* TASK BRIEF *
For each line below that includes the string "Inner", show the whole line.

* RECORDS *
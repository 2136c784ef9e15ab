//! Whether bytes spell a proof.

ghost use Rattle.std.specs.Prelude.{◌≡◌, List, ℕ, OnOk, IfErr, Ok, Err};
ghost use Rattle.ats_grammar.specs.declared.fault.ShapeFault.{ShapeFault};
ghost use Rattle.ats_grammar.specs.Front.{Spells, IsSpelling, IsBad};
ghost use Rattle.ats_grammar.specs.Grammar.{proof_schema};

use crate::fault::ShapeFault;
use crate::feeder::Feeder;

// Reads the bytes as one piece.
fn read(bytes: &[u8]) -> Result<(), ShapeFault>
    ensures spelled { OnOk result (IsSpelling proof_schema bytes.now) }
    ensures refused { IfErr result (λ fault. IsBad proof_schema bytes.now fault) }
{
    let mut feeder = Feeder::new(bytes.len() as u64)?;
    feeder.feed(bytes)?;
    feeder.finish()
}

/// Reads the bytes from left to right, and returns the first fault if they spell no proof.
pub fn scan(bytes: &[u8]) -> Result<(), ShapeFault>
    ensures spelled { OnOk result (IsSpelling proof_schema bytes.now) }
    ensures refused { IfErr result (λ fault. IsBad proof_schema bytes.now fault) }
    ensures read { (fields : List (List ℕ)) → Spells proof_schema bytes.now fields → result ≡ Ok tt }
    ensures exact { (fault : ShapeFault) → IsBad proof_schema bytes.now fault → result ≡ Err fault }
{
    read(bytes)
}
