//! Reading the bytes of any schema, field by field.

ghost use Rattle.std.specs.Prelude.{◌≡◌, ◌≢◌, ◌⊎◌, ℕ, ◌+◌, ◌≤◌, List, [], ◌∷◌, ◌++◌, length, IfOk, IfErr, OnOk, OnErr};
ghost use Rattle.ats_grammar.specs.declared.field_kinds.Next.TheVariants as comes;
ghost use Rattle.ats_grammar.specs.Table.{Table, Schema, End, Number, Bytes, spelled};
ghost use Rattle.ats_grammar.specs.Inner.Table.{IsSized};
ghost use Rattle.ats_grammar.specs.Grammar.{digests, header};
ghost use Rattle.ats_grammar.specs.Front.{Spells, IsLong};
ghost use Rattle.ats_grammar.specs.Inner.Reading.{IsTaken, IsRefused};

use crate::fault::{ShapeFault, ShapeKind};
use crate::field_kinds::Next;
use crate::next_field::MAX_DOCUMENTS;
use crate::reading::{are_bytes, take};

/// The bytes of a header.
const HEADER_BYTES: usize = 105;

/// Reads bytes that are all there, from left to right, and lends them. Which field comes next is the caller's to say.
#[derive(Clone, Copy)]
pub struct Reader<'a> {
    /// How many bytes there were before the first call.
    pub(crate) total: u64,
    /// The bytes that are left.
    pub(crate) rest: &'a [u8],
    ghost within: { length rest.now ≤ total },
}

impl<'a> Reader<'a> {
    ghost use Rattle.ats_grammar.specs.Position.{StandsBefore, Passes, HasFault, AreDigests, HeaderValue, header_fields, IsHeader};

    /// A reader before the first field.
    ///
    /// # Errors
    /// More bytes than `limit` are too many.
    pub fn new(bytes: &'a [u8], limit: u64) -> Result<Reader<'a>, ShapeFault>
        ensures stands { IfOk result (λ reader. (schema : Schema) → schema.limit ≡ limit
            → StandsBefore schema bytes.now [] reader schema.table) }
        ensures long { IfErr result (λ fault. (schema : Schema) → schema.limit ≡ limit
            → IsLong schema bytes.now fault) }
    {
        let total = bytes.len() as u64;
        if total > limit {
            return Err(ShapeFault {
                at: limit,
                kind: ShapeKind::Long,
            });
        }
        Ok(Reader { total, rest: bytes })
    }

    // The fault of the next field.
    fn fault(&self, kind: ShapeKind) -> ShapeFault
        ensures at { result.at + length self.now.rest.now ≡ self.now.total }
        ensures kind { result.kind ≡ kind }
    {
        ShapeFault {
            at: self.total - self.rest.len() as u64,
            kind,
        }
    }

    // Passes the next field. Returns its number, or 0 if it is none.
    fn pass(&mut self, next: Next) -> Result<u32, ShapeFault>
        requires sized { IsSized next }
        requires some { next ≢ comes.End }
        ensures taken { IfOk result (λ n. IsTaken next self.old.rest.now n self.new.rest.now) }
        ensures total { self.new.total ≡ self.old.total }
        ensures refused { IfErr result (λ fault. IsRefused next self.old.rest.now fault.kind
            × (fault.at + length self.old.rest.now ≡ self.old.total)) }
        ensures same { OnErr result (self.new ≡ self.old) }
    {
        match take(next, self.rest) {
            Ok(Some((number, after))) => {
                self.rest = after;
                Ok(number)
            }
            Ok(None) => unreachable!(),
            Err(kind) => Err(self.fault(kind)),
        }
    }

    /// Reads a number of `size` bytes (1, 2 or 4), high byte first, from `low` to `high`. Outside that range its fault is
    /// of this kind.
    ///
    /// # Errors
    /// The fault of the field. The reader is still before it.
    pub fn number(
        &mut self,
        size: u32,
        low: u64,
        high: u32,
        kind: ShapeKind,
    ) -> Result<u32, ShapeFault>
        requires { (size ≡ 1) ⊎ (size ≡ 2) ⊎ (size ≡ 4) }
        ensures read { IfOk result (λ n. (rest : ℕ → Table)
            → Passes self.old self.new (Number size low high kind rest) (spelled size n ∷ []) (rest n)) }
        ensures range { IfOk result (λ n. (low ≤ n) × (n ≤ high)) }
        ensures parts { IfOk result (λ n. self.old.rest.now ≡ spelled size n ++ self.new.rest.now) }
        ensures refused { IfErr result (λ fault. (rest : ℕ → Table)
            → HasFault self.old (Number size low high kind rest) fault) }
        ensures same { OnErr result (self.new ≡ self.old) }
    {
        are_bytes(self.rest);
        self.pass(Next::number(size, low, high, kind))
    }

    /// Lends the next `size` bytes, whatever they are.
    ///
    /// # Errors
    /// `Cut`, if fewer are left. The reader is still before them.
    pub fn bytes(&mut self, size: u32) -> Result<&'a [u8], ShapeFault>
        ensures read { IfOk result (λ lent. (rest : Table)
            → Passes self.old self.new (Bytes size rest) (lent.now ∷ []) rest) }
        ensures size { IfOk result (λ lent. length lent.now ≡ size) }
        ensures parts { IfOk result (λ lent. self.old.rest.now ≡ lent.now ++ self.new.rest.now) }
        ensures refused { IfErr result (λ fault. (rest : Table) → HasFault self.old (Bytes size rest) fault) }
        ensures same { OnErr result (self.new ≡ self.old) }
    {
        let rest = self.rest;
        self.pass(Next::bytes(size))?;
        let (field, _) = rest.split_at(size as usize);
        Ok(field)
    }

    /// Reads `count` digests of 32 bytes each and lends their bytes.
    ///
    /// # Errors
    /// `Cut`, at the first digest that is not all there. The reader is still before the first of all.
    pub fn digests(&mut self, count: u32) -> Result<&'a [u8], ShapeFault>
        ensures read { IfOk result (λ lent. (all : List (List ℕ)) × AreDigests count lent.now all
            × ((rest : Table) → Passes self.old self.new (digests count rest) all rest)) }
        ensures parts { IfOk result (λ lent. self.old.rest.now ≡ lent.now ++ self.new.rest.now) }
        ensures refused { IfErr result (λ fault. (rest : Table) → HasFault self.old (digests count rest) fault) }
        ensures same { OnErr result (self.new ≡ self.old) }
    {
        let mut reader = *self;
        for _ in 0..count {
            reader.bytes(32)?;
        }
        let many = self.rest.len() - reader.rest.len();
        let (lent, _) = self.rest.split_at(many);
        *self = reader;
        Ok(lent)
    }

    /// Reads the six fields of a header and lends their bytes.
    ///
    /// # Errors
    /// The fault of the first field that is wrong. The reader is still before the header.
    pub fn header(&mut self) -> Result<&'a [u8], ShapeFault>
        ensures read { IfOk result (λ lent. (value : HeaderValue) × IsHeader lent.now value
            × ((rest : Table) → Passes self.old self.new (header rest) (header_fields value) rest)) }
        ensures size { IfOk result (λ lent. length lent.now ≡ 105) }
        ensures parts { IfOk result (λ lent. self.old.rest.now ≡ lent.now ++ self.new.rest.now) }
        ensures refused { IfErr result (λ fault. (rest : Table) → HasFault self.old (header rest) fault) }
        ensures same { OnErr result (self.new ≡ self.old) }
    {
        let mut reader = *self;
        reader.number(1, 1, 1, ShapeKind::Version)?;
        reader.number(4, 1, MAX_DOCUMENTS, ShapeKind::Count)?;
        reader.number(4, 2, 16_777_218, ShapeKind::Count)?;
        reader.digests(3)?;
        let (header, _) = self.rest.split_at(HEADER_BYTES);
        *self = reader;
        Ok(header)
    }

    /// Checks that no bytes are left.
    ///
    /// # Errors
    /// `Trailing`, at the first byte that is left.
    pub fn end(&self) -> Result<(), ShapeFault>
        ensures spelled { OnOk result ((schema : Schema) (bytes : List ℕ) (fields : List (List ℕ))
            → StandsBefore schema bytes fields self.now End → Spells schema bytes fields) }
        ensures refused { IfErr result (HasFault self.now End) }
    {
        if self.rest.is_empty() {
            return Ok(());
        }
        Err(self.fault(ShapeKind::Trailing))
    }
}
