//! Why bytes are no proof, or no file of another format.

/// What is wrong with bytes.
#[derive(Clone, Copy, Debug, PartialEq, Eq)]
pub enum ShapeKind {
    /// There are too many bytes: of a proof, more than 67,108,864.
    Long,
    /// A field passes the end.
    Cut,
    /// The first four bytes are not those of the format: of a proof, `ATSP`.
    Magic,
    /// The version of the proof is neither 1 nor 2, or that of the header is not 1.
    Version,
    /// The algorithm is neither 1 nor 2.
    Algorithm,
    /// A count, a length or the kind of a slot is out of its range.
    Count,
    /// A position, an index or a document's number does not rise as it must.
    Order,
    /// Bytes follow the last field.
    Trailing,
}

/// The first place where bytes are wrong, and how.
#[derive(Clone, Copy, Debug, PartialEq, Eq)]
pub struct ShapeFault {
    /// The place of the first byte of the field, or of the first byte too many.
    pub at: u64,
    /// What is wrong there.
    pub kind: ShapeKind,
}
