//! The position of a reader of pieces.

ghost use Rattle.std.specs.Prelude.{◌≡◌, ◌<◌, ◌≤◌, ◌+◌, ◌-◌, ◌*◌, ◌^◌};
ghost use Rattle.ats_grammar.specs.Inner.Pending.{may_be_empty};
ghost use Rattle.ats_grammar.specs.ReaderState.{remaining};
ghost use Rattle.ats_grammar.specs.Table.{head, follow, size_of};
ghost use Rattle.ats_grammar.specs.Inner.Table.{IsWithin};

use crate::reader_state::State;

/// The position of a reader: after whole fields, and perhaps inside the next one.
#[derive(Clone, Copy)]
pub(crate) struct PiecePosition {
    pub(crate) state: State,
    /// How many bytes of the next field were read. They are not all of it.
    pub(crate) came: u32,
    /// The value of these bytes, if the field is a number.
    pub(crate) number: u32,
    ghost inside: { came ≤ size_of (head (remaining state)) - 1 },
    ghost small: { number < 256 ^ came },
}

impl PiecePosition {
    /// Before the field that comes next.
    pub(crate) fn before(state: State) -> PiecePosition
        ensures state { result.state ≡ state }
        ensures none { (result.came ≡ 0) × (result.number ≡ 0) }
    {
        PiecePosition {
            state,
            came: 0,
            number: 0,
        }
    }

    /// Passes the next field. `number` is its value if it is a number.
    pub(crate) fn pass(&mut self, number: u32)
        requires { IsWithin (remaining self.old.state) number }
        ensures part { remaining self.new.state ≡ follow (remaining self.old.state) number }
        ensures smaller { may_be_empty self.new.state.part
            < may_be_empty self.old.state.part + 2 * size_of (head (remaining self.old.state)) }
        ensures none { (self.new.came ≡ 0) × (self.new.number ≡ 0) }
    {
        self.came = 0;
        self.number = 0;
        self.state.advance(number);
    }
}
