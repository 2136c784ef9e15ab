//! The bytes of a proof, and of other files: which bytes spell one, and where and how all others first go wrong.
//!
//! A proof is bytes from a stranger. Its grammar, in `specs/Grammar.antt`, says field by field what may come next: the
//! size, the range, the kind of fault outside it, and what follows each number. Fronts, spellings and the first fault
//! follow from that alone, in `specs/Front.antt`. The reader keeps a few numbers that determine all that may still
//! come; it makes one pass and allocates nothing. [`Feeder`] is that reader over pieces, which may end inside a field;
//! [`scan`] feeds it bytes that are all there.
//!
//! The same definitions serve every other format but the index, which is compared with what its texts give, and not
//! parsed: a format here is a table of fields and a limit. [`Reader`] reads such bytes: its
//! caller asks for each field in turn, and the contracts say of any schema which fields were taken and what comes next.
//! So the `read` of a file is a few calls in a row, and its faults are the first ones.
//!
//! The crate stands on `byteorder` only. It promises that bytes are accepted exactly if they are the join of a whole
//! front, and that otherwise the fault is the one right after the longest front. How the reader keeps its place may
//! change freely; the grammar and the faults may not.
//!
//! ```
//! // bytes: a proof of 365 bytes; front, back: the pieces in which it came
//! scan(bytes)?;
//! let mut feeder = Feeder::new(365)?;
//! feeder.feed(front)?;
//! feeder.feed(back)?;
//! feeder.finish()?;
//! let fault = scan(b"ATSP\x01").err(); // Some(ShapeFault { at: 5, kind: ShapeKind::Cut })
//!
//! // another format: a magic number, a length and a title
//! let mut reader = Reader::new(bytes, 4_096)?;
//! reader.number(4, MAGIC.into(), MAGIC, ShapeKind::Magic)?;
//! let length = reader.number(1, 0, 200, ShapeKind::Count)?;
//! let title = reader.bytes(length)?;
//! reader.end()?;
//! ```
#![tactic(auto)]

pub use fault::{ShapeFault, ShapeKind};
pub use feeder::Feeder;
pub use feeding::MAX_PROOF;
pub use laws::{
    bytes_have_one_fault, faults_stay, further_bytes_are_trailing, spellings_tell_their_fields,
};
pub use reader::Reader;
pub use reading::are_bytes;
pub use scanning::scan;

mod after_field;
mod fault;
mod feeder;
mod feeding;
mod field_kinds;
mod laws;
mod next_field;
mod piece_position;
mod piece_step;
mod reader;
mod reader_state;
mod reading;
mod run_starts;
mod scanning;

* RESULT FOR THIS TASK *
ghost use Rattle.ats_grammar.specs.Inner.Table.{IsSized};
ghost use Rattle.ats_grammar.specs.Inner.Reading.{IsTaken, IsRefused};
ghost use Rattle.ats_grammar.specs.Inner.Pending.{may_be_empty};
ghost use Rattle.ats_grammar.specs.Inner.Table.{IsWithin};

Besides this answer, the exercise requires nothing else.